Que pensez-vous de la situation assez critique des grands groupes d’électricité?
Ceux qui n’ont pas de centrale nucléaire, comme Romande Energie, se trouvent dans une position plus favorable, même si la situation se dégrade de manière générale. Les marges des années précédant 2012 ont cependant permis un désendettement important. Les dividendes sont restés très modestes par rapport au bénéfice généré (23% de l’EBITDA dans le cas de Romande Energie en 2011, ndlr). Les pouvoirs publics n’ont guère d’exigence en termes de rendement (2,4% en 2011). Nous laissons beaucoup de moyens pour investir.
La cotation de ces sociétés, avec en plus un flottant faible, est-elle justifiée?
Je ne vois pas tellement l’intérêt. Mais les obligations de transparence qui y sont liées ne sont pas mauvaises.
Le cas d’Alpiq doit vous préoccuper, puisque Romande Energie, via EOS Holding, est actionnaire de référence.

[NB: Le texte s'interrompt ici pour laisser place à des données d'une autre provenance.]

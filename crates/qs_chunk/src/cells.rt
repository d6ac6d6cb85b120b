//! The room of a chunk: places side by side, each empty or with a value. No other file has a pointer.
//!
//! A value goes only into an empty place, it leaves its place empty, and the memory goes back only where each place is
//! empty: so no value is lost, and none is handed out or dropped twice.

ghost use Rattle.std.specs.Prelude.{◌≡◌, ◌<◌, ◌≤◌, List, Option, Some, None, length, replicate, get_or, slice_set, IfOk};
ghost use Rattle.std.specs.Vec.Ownership.{FitsInBlock};
ghost use base.Fml.{ftrue};
ghost use Rattle.qs_chunk.specs.Ring.{IsRing};
ghost use Rattle.qs_chunk.specs.Room.{room_owns};
ghost use Rattle.qs_chunk.specs.Limits.{largest_chunk};

use crate::places::place_on;
use std::alloc::{AllocError, Allocator};
use std::marker::{Model, PhantomData, Send, Sync};
use std::mem::{align_of, size_of};

/// The owner of places for values, and of the right to give their memory back.
pub(crate) struct Room<T, A: Allocator> {
    ptr: *mut T,
    by: PhantomData<A>,
    ghost places: { List (Option T) },
    ghost giver: { A },
}

impl<T, A: Allocator> Model for Room<T, A> {
    ghost also_owns = { λ r. room_owns T.row (A.dealloc_token r.giver) r.ptr r.places };

    ghost also_shares = { λ _ _ _. ftrue };
}

// Whoever has it has the places and the right alone.
unsafe impl<T: Send, A: Allocator + Send> Send for Room<T, A> {}

unsafe impl<T: Sync, A: Allocator + Sync> Sync for Room<T, A> {}

/// As many empty places as `count` says.
pub(crate) fn make<T, A: Allocator>(alloc: &A, count: usize) -> Result<Room<T, A>, AllocError>
    requires fits { FitsInBlock T.row count }
    ensures places { IfOk result (λ room. room.places ≡ replicate count None) }
    ensures giver { IfOk result (λ room. room.giver ≡ alloc.now) }
{
    match alloc.allocate(count * size_of::<T>(), align_of::<T>()) {
        Ok(block) => Ok(Room {
            ptr: block as *mut T,
            by: PhantomData,
        }),
        Err(refused) => Err(refused),
    }
}

impl<T, A: Allocator> Room<T, A> {
    /// Puts a value into an empty place.
    pub(crate) fn write(&mut self, place: usize, value: T)
        requires inside { place < length self.old.places }
        requires empty { get_or self.old.places place None ≡ None }
        ensures places { self.new.places ≡ slice_set self.old.places place (Some value) }
        ensures giver { self.new.giver ≡ self.old.giver }
    {
        unsafe { self.ptr.add(place).write(value) }
    }

    /// Takes the value out of a place, which is empty then.
    pub(crate) fn read(&mut self, place: usize) -> T
        requires inside { place < length self.old.places }
        requires full { (value : T) × (get_or self.old.places place None ≡ Some value) }
        ensures value { get_or self.old.places place None ≡ Some result }
        ensures places { self.new.places ≡ slice_set self.old.places place None }
        ensures giver { self.new.giver ≡ self.old.giver }
    {
        unsafe { self.ptr.add(place).read() }
    }

    /// Drops the `count` values that lie from `start` on, each once. No value is left.
    pub(crate) fn drop_values(&mut self, capacity: usize, start: usize, count: usize)
    where
        T: Drop,
        requires ring { IsRing self.old.places capacity start count }
        requires size { capacity ≤ largest_chunk }
        ensures places { self.new.places ≡ replicate capacity None }
        ensures giver { self.new.giver ≡ self.old.giver }
    {
        let mut first = start;
        let mut left = count;
        while left > 0 {
            drop(self.read(first));
            first = place_on(first, 1, capacity);
            left -= 1;
        }
    }

    /// Gives the memory back. Each place is empty.
    pub(crate) fn free(self, alloc: &A, count: usize)
        requires places { self.places ≡ replicate count None }
        requires giver { self.giver ≡ alloc.now }
    {
        let Room { ptr, by: _ } = self;
        unsafe {
            alloc.deallocate(ptr as *mut u8, count * size_of::<T>(), align_of::<T>());
        }
    }
}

Le Département de la sécurité et de l’Environnement de Jacqueline de Quattro suit le dossier . Vous savez toutefois que le coût de sortie du nucléaire a dû être monétisé et inscrit au bilan d’Alpiq. Les collectivités publiques, la Confédération en particulier, doivent surveiller cette période. Et intervenir si nécessaire. Toutes proportions gardées, elle a déjà procédé au sauvetage d’une grande banque et d’une compagnie d’aviation. Nous suivons les développements capitalistiques récents et notamment l’éventuelle sortie d’un gros actionnaire étranger. Si le cadre légal préserve une sécurité pour les investissements, alors les collectivités publiques ou les caisses de pensions pourront se poser la question de prendre le relais. En Suisse, nous avons une vision trop dogmatique de ce genre de question. Regardez ce qui s’est passé avec UBS.
L’Etat est intervenu.
Le groupe à peine sorti d’affaire, la Confédération et la BNS se sont retirés. L’opinion prévaut en Suisse que l’Etat ne doit pas se mêler des affaires privées. Quitte à négliger gravement leur dimension stratégique. Nous laissons ainsi la place au fonds souverain de Singapour, place financière concurrente, devenue actionnaire de référence d’UBS. D’autres pays ont donc une approche différente. Qui acquiert? Les fonds du Qatar, de la Russie, de la Chine. Des Etats-nation avec des bras armés financiers. Ce n’est pas le privé qui prend position dans les technologies d’avenir, mais des puissances capitalistiques appuyées par des Etats. L’ancien président du Parti libéral-radical Fulvio Pelli avait proposé la création d’un fonds souverain suisse – ce qui représentait déjà un changement de perspective intéressant. Mais ce fonds était destiné à investir à l’étranger. Il faut aller jusqu’au bout de la réflexion. Un fonds de ce genre pourrait aussi investir en Suisse. Dans les équipements énergétiques par exemple. Pour assurer une meilleure sécurité d’approvisionnement. Et réaliser aujourd’hui ce qui a été fait lors de la construction des grands barrages.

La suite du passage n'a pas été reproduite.